Non LSTM: Trying to backward through the graph a second time, but the buffers have already been freed

sachinruk · October 25, 2019, 1:53am

Note that unlike other questions, this is not about any RNN structure. I wish to create a model that has changing gradients, and will look like below. The breakpoints are manually supplied.

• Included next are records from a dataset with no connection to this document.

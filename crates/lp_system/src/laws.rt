//! What the system of a code means, as the contracts of functions that do nothing.
ghost use Rattle.std.specs.Prelude.{◌≡◌, ◌≤◌, ℕ, List, length};
ghost use Rattle.camelot_values.specs.Kinds.{AreTypes};
ghost use Rattle.grail_code.specs.Code.{Code};
ghost use Rattle.grail_code.specs.Soundness.{HaveBlocks};
ghost use Rattle.grail_code.specs.WellFormed.{IsWellFormed};
ghost use Rattle.grail_code.specs.Limits.{IsNamed, IsWithinLimits};
ghost use Rattle.certificate.specs.Certificates.{Cert, IsFormed};
ghost use Rattle.licence.specs.Fitting.{Grants};
ghost use Rattle.dual_simplex.specs.Feasible.{IsFeasible, IsLeast};
ghost use Rattle.dual_simplex.specs.Systems.{IsProper};
ghost use Rattle.lp_system.specs.Unknowns.{unknowns_of};
ghost use Rattle.lp_system.specs.Forms.{rows_of, system_of};
ghost use Rattle.lp_system.specs.Found.{certificate_of, values_of, IsLeastCertificate};

/// Of well-formed code: a solution, with numbers of any size, is a certificate that grants the code; and a
/// certificate that grants it, with numbers of any size, is a solution.
#[tactic(auto, using(crate::specs::SystemLaws::solution_grants, crate::specs::SystemLaws::certificate_solves))]
pub fn law_of_solutions()
    // A solution, with numbers of any size, is a certificate that grants the code.
    ensures grants { (p : Code) (unit : ℕ) (values : List ℕ) → IsWellFormed p → IsWithinLimits p
        → IsFeasible (system_of p) unit values → Grants p (certificate_of p unit values) }
    // A certificate that grants the code, with numbers of any size, is a solution.
    ensures solves { (p : Code) (c : Cert) → IsWellFormed p → IsWithinLimits p → Grants p c → IsFeasible (system_of p) c.unit (values_of p c) }
{}

/// Of well-formed code: a solution of least cost is a certificate of least cost among all that grant the code;
/// and where there is no solution, there is no certificate.
#[tactic(auto, using(crate::specs::SystemLaws::least_is_least, crate::specs::SystemLaws::none_grants))]
pub fn law_of_least()
    // A solution of least cost is a certificate than which none that grants the code costs less.
    ensures least { (p : Code) (unit : ℕ) (values : List ℕ) → IsWellFormed p → IsWithinLimits p
        → IsLeast (system_of p) unit values → IsLeastCertificate p (certificate_of p unit values) }
    // Where there is no solution, no certificate grants the code.
    ensures none { (p : Code) → IsWellFormed p → IsWithinLimits p
        → ((unit : ℕ) (values : List ℕ) → IsFeasible (system_of p) unit values → ⊥) → (c : Cert) → Grants p c → ⊥ }
{}

/// The certificate of a solution has the form of certificates; its numbers may be above their limits.
#[tactic(auto, using(crate::specs::SystemLaws::solution_formed))]
pub fn law_of_form()
    ensures { (p : Code) (unit : ℕ) (values : List ℕ) → IsWellFormed p → IsWithinLimits p → IsNamed p → 1 ≤ unit → IsFormed (certificate_of p unit values) }
{}

/// The solver takes the system, if there are few unknowns and rows: its numbers are small.
#[tactic(auto, using(crate::specs::SystemLaws::system_proper))]
pub fn law_of_size()
    ensures { (p : Code) → IsWellFormed p → IsWithinLimits p → length (unknowns_of p) ≤ 512 → length (rows_of p) ≤ 1536 → IsProper (system_of p) }
{}
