//! The system of a code: linear inequalities over what a certificate may say, one for each check of the certificate's
//! rules (Hofmann and Jost 2003). Its solutions are the certificates that grant the code.
#![tactic(auto)]

pub mod laws;
mod lent;

pub use lent::{is_marked, local_carriers, looked_in};
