ghost use Rattle.std.specs.Prelude.{◌≡◌, ◌<◌, Some, length};
ghost use Rattle.camelot_values.specs.Lists.{Ascend};
ghost use Rattle.annotations.specs.Tables.{table_of};
ghost use Rattle.grail_code.specs.Code.{func_of};
ghost use Rattle.grail_code.specs.WellFormed.{local_kinds, kind_of, is_marked, is_read, is_lent};
ghost use Rattle.lp_system.specs.Unknowns.{local_carriers};
ghost use Rattle.lp_system.specs.Looked.{AreLooked};

use annotations::ReachTable;
use camelot_values::{Kind, Types};
use grail_check::mark_looked;
use grail_code::Func;

// How many locals a function has at most.
const MOST_LOCALS: usize = 256;

/// For each number of a local, whether some arm that only looks at its cell has it as a field. The ends of all blocks
/// are walked once.
#[tactic(auto, using(crate::proofs::Looks::looked_all))]
pub fn looked_in(func: &Func) -> [bool; MOST_LOCALS]
    // The marks say so of each local.
    ensures { AreLooked (func_of func.now) result }
{
    let mut marks = [false; MOST_LOCALS];
    mark_looked(&mut marks, func);
    marks
}

/// Whether the parameter of this number is marked: its argument is only read.
pub fn is_marked(func: &Func, number: usize) -> bool
    // It is the function's mark.
    ensures { result ≡ is_marked (func_of func.now) number }
{
    match func.reads.get(number) {
        Some(mark) => *mark,
        None => false,
    }
}

// Whether the local is only read: a parameter that is marked, or a field of such an arm.
#[tactic(auto, using(crate::proofs::Looks::read_by_mark, crate::proofs::Looks::read_by_look))]
fn is_read(func: &Func, looked: &[bool], local: u32) -> bool
    requires looked { AreLooked (func_of func.now) looked.now }
    requires there { local < length (local_kinds (func_of func.now)) }
    ensures { result ≡ is_read (func_of func.now) local }
{
    let place = local as usize;
    if is_marked(func, place) {
        return true;
    }
    match looked.get(place) {
        Some(mark) => *mark,
        None => false,
    }
}

// Whether the local, of this kind, is lent.
#[tactic(auto, using(crate::proofs::Looks::lent_by_kind, crate::proofs::Looks::not_read, std::proofs::lemmas::Option::slice_get_within))]
fn is_lent(types: &Types, func: &Func, looked: &[bool], local: u32, kind: Kind) -> bool
    requires looked { AreLooked (func_of func.now) looked.now }
    requires kind { kind_of (func_of func.now) local ≡ Some kind }
    ensures { result ≡ is_lent types.now (func_of func.now) local }
{
    if is_read(func, looked, local) {
        types.is_heap(kind)
    } else {
        false
    }
}

/// The constructors that a local's value carries units on, ascending: those that its kind reaches, and none where the
/// local is lent.
#[tactic(auto, using(crate::proofs::Looks::none_of_lent, crate::proofs::Looks::all_of_kind, crate::proofs::Looks::none_of_missing, crate::proofs::Looks::all_ascend))]
pub fn local_carriers<'a>(
    types: &Types,
    table: &'a ReachTable,
    func: &Func,
    looked: &[bool],
    local: u32,
) -> &'a [u32]
    requires table { table.now ≡ table_of types.now }
    requires looked { AreLooked (func_of func.now) looked.now }
    // They are the local's.
    ensures is { result.now ≡ local_carriers types.now (func_of func.now) local }
    // They ascend.
    ensures ascend { Ascend result.now }
{
    match func.kind_of(local) {
        Some(kind) => {
            if is_lent(types, func, looked, local, kind) {
                &[]
            } else {
                table.reached(kind)
            }
        }
        None => &[],
    }
}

The model that I have created is as follows:

class Trend(nn.Module):
    """
    Broken Trend model, with breakpoints as defined by user.
    """
    def __init__(self, breakpoints):
        super().__init__()
        self.bpoints = breakpoints[None, :]
        self.init_layer = nn.Linear(1,1) # first linear bit
        # extract gradient and bias
        w = self.init_layer.weight
        b = self.init_layer.bias
        self.params = [[w,b]] # save it to buffer
            
        if len(breakpoints>0):
            # create deltas which is how the gradient will change
            deltas = torch.randn(len(breakpoints)) / len(breakpoints) # initialisation
            self.deltas = nn.Parameter(deltas) # make it a parameter
            
            for d, x1 in zip(self.deltas, breakpoints):
                y1 = w *x1 + b # find the endpoint of line segment (x1, y1)
                w = w + d # add on the delta to gradient 
                b = y1 - w * x1 # find new bias of line segment 
                self.params.append([w,b]) # add to buffer

        # create buffer
        self.wb = torch.zeros(len(self.params), len(self.params[0]))
        
    def __copy2array(self):
        """
        Saves parameters into wb
        """
        for i in range(self.wb.shape[0]):
            for j in range(self.wb.shape[1]):
                self.wb[i,j] = self.params[i][j]
        
    def forward(self, x):
        # get the line segment area (x_sec) for each x
        x_sec = x >= self.bpoints
        x_sec = x_sec.sum(1)
        self.__copy2array() # copy across parameters into matrix
        
        # get final prediction y = mx +b for relevant section
        return x*self.wb[x_sec][:,:1] + self.wb[x_sec][:,1:]

However, once I attempt to train it I get the error RuntimeError: Trying to backward through the graph a second time, but the buffers have already been freed. Specify retain_graph=True when calling backward the first time.

I obtained the above plot by doing:

time = torch.arange(700).float()[:,None]
y_pred = model(time)
plt.plot(time, y_pred.detach().numpy())
plt.show()

So we know the forward pass is working as expected. However the backward pass is not quite working. Was wondering what I need to change to get it working.

If you’re wondering why __copy2array is being used, when I tried to use torch.Tensor(self.params) it destroyed the gradients in those parameters. Thanks in advance.

albanD · October 25, 2019, 2:42pm

Hi,

So the problem comes from the fact that you perform some computations with your parameters in the __init__ method and then use these results at every forward. This means that the part of the computations you do in __init__ is shared for every forward and thus the error because you backward in the part of the graph multiple times.

I think the problem is that you perform computations in the __init__ that should be in the forward.
Indeed, the biases for each section will change when you learnt slope will change. So you cannot precompute them.